Abstract:
Maxillectomy is the surgical removal or resection of the maxilla or upper jaw bone. A total or partial
maxillectomy can be performed depending on how far the tumour has spread. This paper will discuss a
patient diagnosed with an aggressive tumour in half of the top jaw who had to undergo an operation to
remove the hemi-maxilla and orbital floor. Due to the extent and complexity of the defect, it was decided
to manufacture an anatomical model of the hard tissues for planning a possible laser-sintered titanium
implant using Additive Manufacturing (AM). The CRPM had only two weeks to design and manufacture
the titanium implant, due to the severity of the tumour. The anatomical model was sent to the surgeon to
cut the nylon model where the bone resection was planned. Furthermore, the prosthodontist made a wax
model of the planned titanium frame that was reverse- engineered and used as reference geometry in
the design software.Materialise® design suite was used to design the patient-specific maxilla and cutting
jig. The EOS M280 Direct Metal Laser Sintering (DMLS) system was instrumental in achieving the direct
manufacturing of the bio-compatible titanium implant. The EOS P385 system was used to manufacture
the pre-operation planning model as well as the cutting jig.The process chain followed to complete this
case study will be discussed showing how this intervention improved the quality of life of a SA patient.

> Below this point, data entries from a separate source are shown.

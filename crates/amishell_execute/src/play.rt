//! The run of a script.

ghost use Rattle.std.specs.Prelude.{◌≡◌, ◌<◌, ◌^◌, ◌-◌, [], true, false, None, is_none, OnOk};
ghost use Rattle.ados_launch.specs.{Agreement.{Agrees, AreOver, IsOpenTable}, Deeds.{Does, DoesByRule}, Drives.{Drives, HasDriveResult}, Schedule.{first_schedule_state}};
ghost use Rattle.amishell_execute.specs.Playing.{IfDriven, PlaysAlone, may_be_cut, playing_moment};

use crate::checks::Checks;
use crate::deadline::Deadline;
use crate::error_codes::ErrorCode;
use crate::faults::Fault;
use crate::launcher::Bringer;
use crate::origins::Origins;
use crate::reader::Prompter;
use crate::share::Share;
use crate::teller::Teller;
use crate::unanswered::question_asked;
use crate::watched::Watched;
use ados_launch::{End, Session, Sink};
use ados_transfer::{Lines, Planned};
use ados_world::World;
use execute_options::AtEnd;
use std::io::{Eprint, Read};
use std::process::Processes;
use std::rt::Files;
use std::time::Clock;

/// A script that is to run.
#[derive(Drop)]
pub struct Script<'a> {
    /// What is brought in for it.
    pub planned: &'a [Planned],
    /// The lines that bring it in and call the script.
    pub lines: &'a Lines,
    /// The most events that are taken, besides those that bring it in.
    pub turns: u64,
    /// What is answered at the end of standard input.
    pub at_end: AtEnd,
    /// When no further event is taken.
    pub deadline: Option<Deadline>,
    /// The codes of programs that fail.
    pub errors: &'a [ErrorCode],
    /// How it and the scripts that it calls are checked.
    pub checks: Checks<'a>,
    /// Who tells where they end.
    pub teller: Teller<'a>,
    /// By which paths they are named.
    pub origins: &'a Origins<'a>,
}

/// Runs a script in a new world, with standard input for what asks, and writes what it prints.
///
/// However it ends, the world is one that events which the machine accepts and shells opened for lines lead to: nothing else
/// brings a file in, and nothing else changes one. In all of these, in every shell, each script ends early exactly at its first
/// command whose code reaches the limit in force after it, the reports are the ends of scripts, and each frame ends once. What
/// these events print was written, all of it and in order, except for the lines that bring in a shared folder's files; only some
/// of it if a write failed, and perhaps if the files were not brought in or a question had no answer.
#[tactic(auto, using(crate::proofs::Pairs::kept_pair, crate::proofs::Pairs::rule_stays, crate::proofs::Driving::rule_cut))]
pub fn play<R: AllocGlobal + Files + Input + Eprint + Processes + Clone + Drop + Clock, K: Sink>(
    rt: &R,
    world: &mut World,
    script: Script<'_>,
    share: Option<&mut Share>,
    writer: &mut Watched<K>,
) -> Result<End, Fault>
    requires agrees { Agrees world.old [] }
    requires writer { K.faults writer.old.inner < 2 ^ 64 - 1 }
    // By these deeds one world leads to the other; their bytes were written, and the rule holds of them.
    ensures does { DoesByRule world.old world.new (may_be_cut result) (K.contents writer.old.inner) (K.contents writer.new.inner) }
    // Without a shared folder the run is one of `Drive::run`.
    ensures drives { is_none share.entry ≡ true → IfDriven result
        (PlaysAlone world.old world.new (K.contents writer.old.inner) (K.contents writer.new.inner)) }
{
    // This shows that the world is sane: no script in it runs on after a failure.
    let _asked = world.pending(1);
    let mut run = Run {
        rt,
        turns: script.turns.saturating_add(script.lines.events),
        deadline: script.deadline,
        launcher: Bringer::new(rt.alloc(), rt, script.planned, script.errors)?,
        reader: Prompter::new(
            script.planned,
            script.lines.all.as_slice(),
            script.lines.bringing,
            rt.reader(),
            script.at_end,
        ),
        teller: script.teller,
        checks: script.checks,
    };
    let ended = run.drive(world, share, writer);
    if run.reader.is_refused() {
        return Err(Fault::NotBrought);
    }
    if run.reader.is_unanswered() {
        // Without memory to say which question it was, it is not named.
        let asked = match question_asked(script.origins, world, run.reader.last_line()) {
            Ok(asked) => asked,
            Err(_) => String::new(rt.alloc()),
        };
        return Err(Fault::Unanswered(asked));
    }
    ended
}

/// A run: how many events it takes at most, who answers what it asks of this machine, and from where its lines come.
#[derive(Drop)]
pub struct Run<'a, R: Processes, I: Read> {
    pub rt: &'a R,
    turns: u64,
    pub deadline: Option<Deadline>,
    pub teller: Teller<'a>,
    pub launcher: Bringer<'a, R>,
    pub reader: Prompter<'a, I>,
    pub checks: Checks<'a>,
}

impl<R: AllocGlobal + Files + Eprint + Processes + Clone + Drop + Clock, I: Read> Run<'_, R, I> {
    // Drives the world to its end. However it ends, each program that was started was waited for.
    #[tactic(auto, using(crate::proofs::Pairs::table_looked))]
    fn drive<K: Sink>(
        &mut self,
        world: &mut World,
        share: Option<&mut Share>,
        writer: &mut Watched<K>,
    ) -> Result<End, Fault>
        requires reader { self.old.reader.faults < 2 ^ 64 - 1 }
        requires writer { K.faults writer.old.inner < 2 ^ 64 - 1 }
        requires agrees { Agrees world.old self.old.launcher.calls }
        ensures does { DoesByRule world.old world.new (may_be_cut result) (K.contents writer.old.inner) (K.contents writer.new.inner) }
        ensures over { AreOver self.new.launcher.calls }
        ensures drives { is_none share.entry ≡ true → IfDriven result (Drives self.old.turns []
            (playing_moment K.contents K.faults K.stalls world.old self.old.reader writer.old.inner self.old.launcher)
            (playing_moment K.contents K.faults K.stalls world.new self.new.reader writer.new.inner self.new.launcher)) }
    {
        let mut session = Session::new(self.rt.alloc(), world, &[]);
        match self.drive_followed(world, &mut session, share, writer) {
            Ok(end) => Ok(end),
            Err(fault) => {
                session.abandon(&mut self.launcher);
                Err(fault)
            }
        }
    }

    // Takes events until nothing comes, and follows what the last of them renamed: at a limit nothing attends to it any more. At a
    // fault, of whatever kind, the session knows which programs are open, and the caller has to abandon it.
    fn drive_followed<K: Sink>(
        &mut self,
        world: &mut World,
        session: &mut Session<'_>,
        mut share: Option<&mut Share>,
        writer: &mut Watched<K>,
    ) -> Result<End, Fault>
        requires reader { self.old.reader.faults < 2 ^ 64 - 1 }
        requires writer { K.faults writer.old.inner < 2 ^ 64 - 1 }
        requires agrees { Agrees world.old self.old.launcher.calls }
        requires children { IsOpenTable session.old.children self.old.launcher.calls }
        requires begins { session.old.schedule ≡ first_schedule_state [] }
        requires held { session.old.held ≡ [] }
        requires gathered { session.old.gathered ≡ [] }
        ensures does { Does world.old world.new (may_be_cut result) (K.contents writer.old.inner) (K.contents writer.new.inner) }
        ensures children { IsOpenTable session.new.children self.new.launcher.calls }
        ensures agrees { OnOk result (Agrees world.new self.new.launcher.calls) }
        ensures over { OnOk result (AreOver self.new.launcher.calls) }
        // At a limit too: what the last event renamed is followed in the shared folder.
        ensures followed { is_none share.entry ≡ false → session.new.renamed ≡ None }
        ensures drives { is_none share.entry ≡ true → IfDriven result (HasDriveResult self.old.turns []
            (playing_moment K.contents K.faults K.stalls world.old self.old.reader writer.old.inner self.old.launcher)
            (playing_moment K.contents K.faults K.stalls world.new self.new.reader writer.new.inner self.new.launcher)) }
    {
        match self.drive_session(world, session, &mut share, writer) {
            Ok(end) => {
                if let Some(share) = share {
                    share.follow(world, session)?;
                }
                Ok(end)
            }
            Err(fault) => {
                if let Some(share) = share {
                    // The fault of the run is the one that is told.
                    let _ = share.follow(world, session);
                }
                Err(fault)
            }
        }
    }

    // Takes events until nothing comes; a shared folder is attended to before each. What the last one renamed is still to be followed.
    // What events print is gathered. At each end all of it was written, or a write failed.
    fn drive_session<K: Sink>(
        &mut self,
        world: &mut World,
        session: &mut Session<'_>,
        share: &mut Option<&mut Share>,
        writer: &mut Watched<K>,
    ) -> Result<End, Fault>
        requires reader { self.old.reader.faults < 2 ^ 64 - 1 }
        requires writer { K.faults writer.old.inner < 2 ^ 64 - 1 }
        requires agrees { Agrees world.old self.old.launcher.calls }
        requires children { IsOpenTable session.old.children self.old.launcher.calls }
        requires begins { session.old.schedule ≡ first_schedule_state [] }
        requires held { session.old.held ≡ [] }
        requires gathered { session.old.gathered ≡ [] }
        ensures does { Does world.old world.new (may_be_cut result) (K.contents writer.old.inner) (K.contents writer.new.inner) }
        ensures children { IsOpenTable session.new.children self.new.launcher.calls }
        ensures agrees { OnOk result (Agrees world.new self.new.launcher.calls) }
        ensures over { OnOk result (AreOver self.new.launcher.calls) }
        ensures share { is_none share.new ≡ is_none share.old }
        ensures drives { is_none share.old ≡ true → IfDriven result (HasDriveResult self.old.turns []
            (playing_moment K.contents K.faults K.stalls world.old self.old.reader writer.old.inner self.old.launcher)
            (playing_moment K.contents K.faults K.stalls world.new self.new.reader writer.new.inner self.new.launcher)) }
    {
        for _ in 0..self.turns {
            self.attend(world, session, share, writer)?;
            if !session.advance(world, &mut self.launcher, &mut self.reader, writer)? {
                return Ok(session.end(world));
            }
            self.follow(world, session, writer)?;
        }
        session.release(writer)?;
        Ok(session.finish(world)?)
    }
}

Furthermore, the proposed paper and presentation will discuss the post-operation review of the patient
showing the impact AM had in accelerating patient-specific implant manufacturing. The authors seek to
claim a progressed level of maturity in the proposed manufacturing value chain. The claim is based on
the successful completion of the analysis and synthesis of the problem , the validated proof-of-concept of
the manufacturing process and the in-vivo implementation of the final product.